## Required work
Please reproduce exactly the lines that begin the listing below, up to and including the line where "use element::tpc_report::TpcReport;" occurs.

Extracted entries START

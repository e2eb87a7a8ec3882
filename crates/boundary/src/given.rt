// The records of a TPC Report and of the measurement elements, as a caller gives them by numbers.
// Kept as numbers: C hands them so (docs/BOUNDARY.md).
ghost use Rattle.std.specs.Prelude.{◌≡◌};
ghost use Rattle.boundary.specs.Given.{tpc_given, asks_given, says_given, request_given, report_given};

use element::tpc_report::TpcReport;
use measurement_element::measurement_report::{Matter, Reason, Report};
use measurement_element::measurement_request::Request;
use measurement_element::{Found, Span, measurement_request};

// Power and margin as the element has them, each an octet.
pub fn tpc(power: u8, margin: u8) -> TpcReport
    ensures { result ≡ tpc_given power margin }
{
    TpcReport {
        power: octets::to_signed(power),
        margin: octets::to_signed(margin),
    }
}

// 0 an Enable element, 1 a measurement; every other number stands for what is not interpreted, which no writer takes.
#[tactic(auto, unfolding(crate::specs::Given::asks_given))]
fn asks(number: u8, request: bool, report: bool, span: Span) -> measurement_request::Matter
    ensures { result ≡ asks_given number request report span }
{
    match number {
        0 => measurement_request::Matter::Enable { request, report },
        1 => measurement_request::Matter::Measure(span),
        _ => measurement_request::Matter::Uninterpreted,
    }
}

// Kept as parameters, here and of a report: the C interface hands each field by itself.
pub fn request(
    token: u8,
    kind: u8,
    number: u8,
    request: bool,
    report: bool,
    channel: u8,
    start: u64,
    duration: u16,
) -> Request
    ensures { result ≡ request_given token kind number request report channel start duration }
{
    let span = Span {
        channel,
        start,
        duration,
    };
    Request {
        token,
        kind,
        matter: asks(number, request, report, span),
    }
}

// 0 Late, 1 Incapable, 2 Refused, 3 a basic report, 4 a CCA report, 5 an RPI histogram; every other number stands for what is not interpreted,
// which no writer takes. The value is the map or the busy fraction.
#[tactic(auto, unfolding(crate::specs::Given::says_given))]
fn says(number: u8, value: u8, span: Span) -> Matter
    ensures { result ≡ says_given number value span }
{
    match number {
        0 => Matter::NotMeasured(Reason::Late),
        1 => Matter::NotMeasured(Reason::Incapable),
        2 => Matter::NotMeasured(Reason::Refused),
        3 => Matter::Measured {
            span,
            found: Found::Map(value),
        },
        4 => Matter::Measured {
            span,
            found: Found::Busy(value),
        },
        5 => Matter::Measured {
            span,
            found: Found::Densities,
        },
        _ => Matter::Uninterpreted,
    }
}

// The densities are eight octets, the first of them the least significant.
pub fn report(
    token: u8,
    kind: u8,
    number: u8,
    value: u8,
    channel: u8,
    start: u64,
    duration: u16,
    densities: u64,
) -> Report
    ensures { result ≡ report_given token kind number value channel start duration densities }
{
    let span = Span {
        channel,
        start,
        duration,
    };
    Report {
        token,
        kind,
        matter: says(number, value, span),
        densities: octets::octets64(densities),
    }
}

Extracted entries END

## Written solution
repository e2eb87a7a8ec3882
filename crates/boundary/src/given.rt
// The records of a TPC Report and of the measurement elements, as a caller gives them by numbers.
// Kept as numbers: C hands them so (docs/BOUNDARY.md).
ghost use Rattle.std.specs.Prelude.{◌≡◌};
ghost use Rattle.boundary.specs.Given.{tpc_given, asks_given, says_given, request_given, report_given};

use element::tpc_report::TpcReport;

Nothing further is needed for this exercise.